In particular I found the Boolean logic -> Quantum state vectors progression
quite interesting, and the emphasis on the history and how you can build
formalisms was particularly interesting. Also, it gives you problems (like a
"real" textbook) but they are written in such a way that the text is more like
a story but you learn the required maths to solve the problems.

I loved reading these books while I was in high school, bored with the math-
less "physics" we were being taught.

------
ryan-allen
The point of this link is the courses, I think.

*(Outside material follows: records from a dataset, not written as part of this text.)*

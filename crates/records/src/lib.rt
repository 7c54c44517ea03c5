// The instructions as records in one lent table.
#![tactic(auto)]

ghost use Rattle.std.specs.Prelude.{◌≡◌, ◌+◌, ◌<◌, length, get_or, set, replicate};
ghost use Rattle.memory.specs.Layout.{instructions_most};
ghost use Rattle.records.specs.Records.{none, record_at, row_of, Holds};
ghost use Rattle.records.specs.Accesses.{Accesses};

use ids::BlockId;
use program::{Op, Program, Row};

// An instruction's record, in plain numbers.
// Stays: for this table document 01 names records of plain fields, with one function that reads one and one that appends; a `Row` would hold the same with enums.
#[derive(Clone, Copy)]
pub struct Record {
    pub tag: usize,
    pub block: usize,
    pub x: usize,
    pub y: usize,
    pub first: usize,
    pub count: usize,
}

// What an instruction does to an attribute: it neither reads nor sets one, reads one, or sets one.
#[derive(Clone, Copy)]
pub enum Access {
    Neither,
    Read,
    Setting,
}

impl Record {
    // What stands at every place of an empty table: zeros.
    pub const NONE: Record = Record {
        tag: 0,
        block: 0,
        x: 0,
        y: 0,
        first: 0,
        count: 0,
    };

    // The record of an instruction that the parser drafted in the program's words.
    #[tactic(auto, unfolding(crate::specs::Records::record_at))]
    pub fn drafted(program: &Program, i: usize) -> Record
        requires { i < program.now.counts.insns }
        ensures { result ≡ record_at program.now.words.now i }
    {
        let at = program::INSNS + program::INSN_WORDS * i;
        Record {
            tag: program.words[at],
            block: program.words[at + 1],
            x: program.words[at + 2],
            y: program.words[at + 3],
            first: program.words[at + 4],
            count: program.words[at + 5],
        }
    }

    // What a record means.
    #[tactic(auto, unfolding(crate::specs::Records::row_of))]
    pub fn row(self) -> Row
        ensures { result ≡ row_of self }
    {
        Row {
            block: BlockId(ids::number_in(self.block)),
            op: program::op_from(self.tag, self.x, self.y),
            first: self.first,
            count: self.count,
        }
    }

    // What the instruction does to an attribute.
    pub fn access(self) -> Access
        ensures { Accesses self.tag result }
    {
        match self.row().op {
            Op::GetIvar(_) => Access::Read,
            Op::SetIvar(_) => Access::Setting,
            _ => Access::Neither,
        }
    }
}

// The one function that reads a record of the table.
pub fn read(t: &[Record], i: usize) -> Record
    requires { i < length t.now }
    ensures { result ≡ get_or t.now i none }
{
    t[i]
}

// The one function that writes a record of the table: x goes to place n; the next place.
pub fn append(t: &mut [Record], n: usize, x: Record) -> usize
    requires { n < length t.old }
    ensures { (result ≡ n + 1) × (t.new ≡ set t.old n x) }
{
    t[n] = x;
    n + 1
}

// A table before anything is appended.
// Stays: there is no heap, so the table is an array that its user keeps.
pub fn empty() -> [Record; memory::INSTRUCTIONS_MOST]
    ensures { result ≡ replicate instructions_most none }
{
    [Record::NONE; memory::INSTRUCTIONS_MOST]
}

// The instructions that the parser drafted are appended to the table.
pub fn commit(t: &mut [Record], program: &Program)
    requires { length t.old ≡ instructions_most }
    ensures { Holds t.new program.now.words.now program.now.counts }
{
    for k in 0..program.counts.insns {
        append(t, k, Record::drafted(program, k));
    }
}
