// A level narrowed by a constant and by a union's tag, with the node that made the narrowing. As in the Rust, `narrow_by` and
// `narrow_by_tag` take the level lent.
#![tactic(auto)]

ghost use Rattle.std.specs.Prelude.{◌≡◌, List, ℕ};
ghost use Rattle.rules.specs.File.{Tables};
ghost use Rattle.rules.specs.Events.{Narrowing};
ghost use Rattle.state.specs.State.{Ends};
ghost use Rattle.state.specs.Ops as Ops;
ghost use Rattle.paths.specs.Paths.{path_of};
ghost use Rattle.accepted_file.specs.Tables.{accepted_tables};
ghost use Rattle.seek.specs.Seek.{state_of};
ghost use Rattle.seek.specs.Narrow.{IsConstant, const_of, narrowed_by};

use accepted_file::AcceptedFile;
use constant::Const;
use paths::FieldPath;
use seek::SeekBuilder;

// A lent level narrowed by a constant.
pub fn narrow_by(
    file: &AcceptedFile,
    constant: Option<Const>,
    path: FieldPath,
    node: usize,
    level: &mut SeekBuilder,
    plan: &mut [u8],
)
    requires { IsConstant (accepted_tables file.now) constant }
    ensures { (e : Ends) (w : List ℕ) →
        let T = accepted_tables file.now in
        let before = state_of T level.old e w plan.old in
        let after = state_of T level.new e w plan.new in
        after ≡ narrowed_by T node (const_of T constant) (path_of path) before }
{
    let l = *level;
    *level = l.with_constant(file, constant, path, node, plan);
}

// A lent level narrowed by the tag of a union's alternative.
pub fn narrow_by_tag(
    disc: u32,
    path: FieldPath,
    node: usize,
    level: &mut SeekBuilder,
    plan: &mut [u8],
)
    ensures { (T : Tables) (e : Ends) (w : List ℕ) →
        let before = state_of T level.old e w plan.old in
        let after = state_of T level.new e w plan.new in
        after ≡ Ops.narrow node (path_of path) (Narrowing.Tag disc) before }
{
    let l = *level;
    *level = l.tag(path, disc, node, plan);
}

// Lends a level to `narrow_by` and hands it back.
pub fn narrowed(
    file: &AcceptedFile,
    constant: Option<Const>,
    path: FieldPath,
    node: usize,
    level: SeekBuilder,
    plan: &mut [u8],
) -> SeekBuilder
    requires { IsConstant (accepted_tables file.now) constant }
    ensures { (e : Ends) (w : List ℕ) →
        let T = accepted_tables file.now in
        let before = state_of T level e w plan.old in
        state_of T result e w plan.new ≡ narrowed_by T node (const_of T constant) (path_of path) before }
{
    let mut l = level;
    narrow_by(file, constant, path, node, &mut l, plan);
    l
}

// Lends a level to `narrow_by_tag` and hands it back.
pub fn tagged(
    disc: u32,
    path: FieldPath,
    node: usize,
    level: SeekBuilder,
    plan: &mut [u8],
) -> SeekBuilder
    ensures { (T : Tables) (e : Ends) (w : List ℕ) →
        let before = state_of T level e w plan.old in
        state_of T result e w plan.new ≡ Ops.narrow node (path_of path) (Narrowing.Tag disc) before }
{
    let mut l = level;
    narrow_by_tag(disc, path, node, &mut l, plan);
    l
}
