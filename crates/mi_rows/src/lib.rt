//! The rows of a table as structs, by a description of its columns (Database Tables).
#![tactic(auto)]

mod column;
mod error;
mod field;
mod read;
mod row;
mod rule;
mod table;
mod table_row;
mod take;
mod text;

pub use column::{Column, Kind, Layout, Rule};
pub use error::{Checked, LoadError};
pub use field::{Field, number_at, some_code_at, some_number_at};
pub use rule::lacks;
pub use table::{misspelled, read_shared, refuse_bytes};
pub use table_row::{Key, TableRow, UpgradeKey};
pub use take::Take;
pub use text::is_version;
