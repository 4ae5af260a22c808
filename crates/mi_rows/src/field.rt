//! What a row holds: the texts of its fields, and the values that they are.

ghost use Rattle.std.specs.Prelude.{◌≡◌, None, option_map, IfSome, IfNone};
ghost use Rattle.std.specs.Option.{option_copied};
ghost use Rattle.mi_text.specs.Guid.{guid_of};
ghost use Rattle.mi_idt.specs.Means.{text_shown};
ghost use Rattle.mi_rows.specs.Fields.{field_value, values_of, number_of};
ghost use Rattle.mi_rows.specs.Typed.{some_number_in, some_code_in};
ghost use Rattle.mi_rows.specs.Values.{cell_at, text_in, text_at, number_at, code_of};
ghost use Rattle.mi_rows.specs.declared.field.FieldError.TheVariants.{NoMemory as no_memory};

use crate::column::Kind;
use mi_base::{Guid, NoMemory};
use mi_idt::integer_within;

/// A field of a row: what its column holds, its text, unescaped, which is empty where it is null, and where it begins in
/// the text of its table, in bytes.
#[derive(Clone, Copy)]
pub struct Field<'a> {
    pub kind: Kind,
    pub text: &'a str,
    pub start: usize,
}

/// Why a field isn't a value of its column.
#[derive(Clone, Copy)]
pub enum Bad {
    /// It isn't of the kind, or breaks the rule.
    Value,
    /// No condition goes on from this place.
    Condition(u64),
}

/// Why a field isn't read.
#[derive(Clone, Copy)]
pub enum FieldError {
    NoMemory,
    Bad(Bad),
}

impl From<NoMemory> for FieldError {
    ghost from_gives = { λ _ e. e ≡ no_memory };

    fn from(_e: NoMemory) -> FieldError {
        FieldError::NoMemory
    }
}

/// The text of a field that isn't null.
pub fn shown<'r>(field: &'r Field<'_>) -> Option<&'r str>
    ensures { option_copied result ≡ text_shown field.now.text.now }
{
    if field.text.is_empty() {
        None
    } else {
        Some(field.text)
    }
}

/// The integer that a text spells; 0 where it spells none.
fn integer_of(text: &str) -> i32
    ensures { result ≡ number_of text.now }
{
    match integer_within(text.as_bytes(), 2_147_483_647) {
        Some(number) => number as i32,
        None => 0,
    }
}

/// The code that a text is; all zeros where it is none.
fn code_of(text: &str) -> Guid
    ensures { result ≡ code_of (guid_of text.now) }
{
    match Guid::read(text) {
        Ok(code) => code,
        Err(_) => Guid { number: 0 },
    }
}

/// The text of a field, where its value is one.
pub fn some_text<'r>(field: &'r Field<'_>) -> Option<&'r str>
    ensures { option_copied result ≡ text_in (field_value field.now) }
{
    match field.kind {
        Kind::Integer | Kind::Code => None,
        _ => shown(field),
    }
}

/// The number of a field, where its value is one.
pub fn some_number(field: &Field) -> Option<i32>
    ensures { result ≡ some_number_in (field_value field.now) }
{
    match (field.kind, shown(field)) {
        (Kind::Integer, Some(text)) => Some(integer_of(text)),
        _ => None,
    }
}

/// The code of a field, where its value is one.
pub fn some_code(field: &Field) -> Option<Guid>
    ensures { result ≡ some_code_in (field_value field.now) }
{
    match (field.kind, shown(field)) {
        (Kind::Code, Some(text)) => Some(code_of(text)),
        _ => None,
    }
}

/// The field of a column of a row, from 0, where it is there.
fn field_at<'r, 'a>(row: &'r [Field<'a>], column: usize) -> Option<&'r Field<'a>>
    ensures some { IfSome result (λ f. cell_at (values_of row.now) column ≡ field_value f.now) }
    ensures none { IfNone result (cell_at (values_of row.now) column ≡ None) }
{
    if column < row.len() {
        Some(&row[column])
    } else {
        None
    }
}

/// The field of a column of a row, from 0, where its value is a text.
pub fn text_field_at<'r, 'a>(row: &'r [Field<'a>], column: usize) -> Option<&'r Field<'a>>
    ensures { option_map (λ f. f.text.now) (option_copied result) ≡ text_in (cell_at (values_of row.now) column) }
{
    match field_at(row, column) {
        Some(field) if some_text(field).is_some() => Some(field),
        _ => None,
    }
}

/// The text of a column of a row, from 0, where it has one.
pub fn some_text_at<'r>(row: &'r [Field<'_>], column: usize) -> Option<&'r str>
    ensures { option_copied result ≡ text_in (cell_at (values_of row.now) column) }
{
    match text_field_at(row, column) {
        Some(field) => Some(field.text),
        None => None,
    }
}

/// The text of a column of a row, from 0; empty where there is none.
pub fn text_at<'r>(row: &'r [Field<'_>], column: usize) -> &'r str
    ensures { result.now ≡ text_at (values_of row.now) column }
{
    some_text_at(row, column).unwrap_or("")
}

/// The number of a column of a row, from 0, where it has one.
pub fn some_number_at(row: &[Field], column: usize) -> Option<i32>
    ensures { result ≡ some_number_in (cell_at (values_of row.now) column) }
{
    match field_at(row, column) {
        Some(field) => some_number(field),
        None => None,
    }
}

/// The number of a column of a row, from 0; 0 where there is none.
pub fn number_at(row: &[Field], column: usize) -> i32
    ensures { result ≡ number_at (values_of row.now) column }
{
    some_number_at(row, column).unwrap_or(0)
}

/// The code of a column of a row, from 0, where it has one.
pub fn some_code_at(row: &[Field], column: usize) -> Option<Guid>
    ensures { result ≡ some_code_in (cell_at (values_of row.now) column) }
{
    match field_at(row, column) {
        Some(field) => some_code(field),
        None => None,
    }
}
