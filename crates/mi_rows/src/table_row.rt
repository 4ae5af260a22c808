//! Rows as structs of their tables, by their keys, and the types of keys.

ghost use Rattle.std.specs.Prelude.{◌≡◌, true};
ghost use Rattle.mi_rows.specs.Columns.{Table};
ghost use Rattle.mi_rows.specs.Fields.{values_of, last_condition, Takes};
ghost use Rattle.mi_rows.specs.Rows.{IsReadable};
ghost use Rattle.mi_rows.specs.Typed.{text_key, number_key, texts_key, text_number_key, upgrade_key};
ghost use Rattle.mi_rows.specs.Values.{all_suit, Row as Values};

use crate::field::{Field, number_at};
use crate::take::Take;
use mi_base::Text;
use std::hash::Hash;

/// The key of a row of Upgrade: UpgradeCode, VersionMin, VersionMax, Language and Attributes (Upgrade table).
pub type UpgradeKey = (Text, Option<Text>, Option<Text>, Option<Text>, i32);

/// A key of a table: the values of its key columns.
pub trait Key: Eq + Hash + Drop {
    /// The key of a row.
    ghost key: { Values → Self };

    /// The key of a row that is judged.
    fn of_row(take: &mut Take, row: &[Field]) -> Self
        ensures key { Takes take.old.failed take.new.failed (result ≡ key (values_of row.now)) }
        ensures condition { take.new.condition ≡ take.old.condition };
}

/// A row of a table as a struct.
pub trait TableRow<K: Key>: Drop {
    /// The table.
    ghost layout: { Table };

    /// Its rows are read, and the values of its key columns tell the fields.
    ghost readable: { IsReadable layout };

    /// The row as a struct.
    ghost value: { Values → Self };

    /// The struct of a row that is judged.
    fn read(take: &mut Take, row: &[Field]) -> Self
        requires suits { all_suit layout.columns (values_of row.now) ≡ true }
        requires condition { take.old.condition ≡ last_condition (values_of row.now) }
        ensures { Takes take.old.failed take.new.failed (result ≡ value (values_of row.now)) };
}

impl Key for Text {
    ghost key = { text_key };

    fn of_row(take: &mut Take, row: &[Field]) -> Text {
        take.text(row, 0)
    }
}

impl Key for i32 {
    ghost key = { number_key };

    fn of_row(_take: &mut Take, row: &[Field]) -> i32 {
        number_at(row, 0)
    }
}

impl Key for (Text, Text) {
    ghost key = { texts_key };

    fn of_row(take: &mut Take, row: &[Field]) -> (Text, Text) {
        (take.text(row, 0), take.text(row, 1))
    }
}

impl Key for (Text, i32) {
    ghost key = { text_number_key };

    fn of_row(take: &mut Take, row: &[Field]) -> (Text, i32) {
        (take.text(row, 0), number_at(row, 1))
    }
}

impl Key for UpgradeKey {
    ghost key = { upgrade_key };

    fn of_row(take: &mut Take, row: &[Field]) -> UpgradeKey {
        let upgrade_code = take.text(row, 0);
        let version_min = take.some_text(row, 1);
        let version_max = take.some_text(row, 2);
        let language = take.some_text(row, 3);
        (
            upgrade_code,
            version_min,
            version_max,
            language,
            number_at(row, 4),
        )
    }
}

> A number of years ago I became aware of the large number of physics
> enthusiasts out there who have no venue to learn modern physics and
> cosmology. Fat advanced textbooks are not suitable to people who have no
> teacher to ask questions of, and the popular literature does not go deeply
> enough to satisfy these curious people. So I started a series of courses on
> modern physics at Stanford University where I am a professor of physics. The
> courses are specifically aimed at people who know, or once knew, a bit of
> algebra and calculus, but are more or less beginners.

[http://theoreticalminimum.com/courses](http://theoreticalminimum.com/courses)

------
diegoperini
A good recommendation for the quantum computing enthusiast:
[https://www.amazon.com/Quantum-Computer-Science-David-
Mermin...](https://www.amazon.com/Quantum-Computer-Science-David-
Mermin/dp/0521876583?SubscriptionId=AKIAILSHYYTFIVPWUY6Q&tag=duckduckgo-
ffab-20&linkCode=xm2&camp=2025&creative=165953&creativeASIN=0521876583)

------
fivestar
Total garbage. The ideologues just...need...to...stop. Your "settled science"
and all the rest of it? Guess what? It's all up for debate because debate is
healthy. Why can't these academics ever get out of their own ego rut and
realize that they are what is wrong? Just because someone is smart does not
make them smart at everything. I saw this with Chomsky--he really has
destroyed his cachet by taking on issues he had no business even bringing up.
Bitching about Trump endlessly just makes them look like sore losers.

The concern trolling, the backhanded smug attitudes, maybe police your own
houses first--I'm looking at you higher education. You've become something so
unrecognizable and just so incredibly rotten.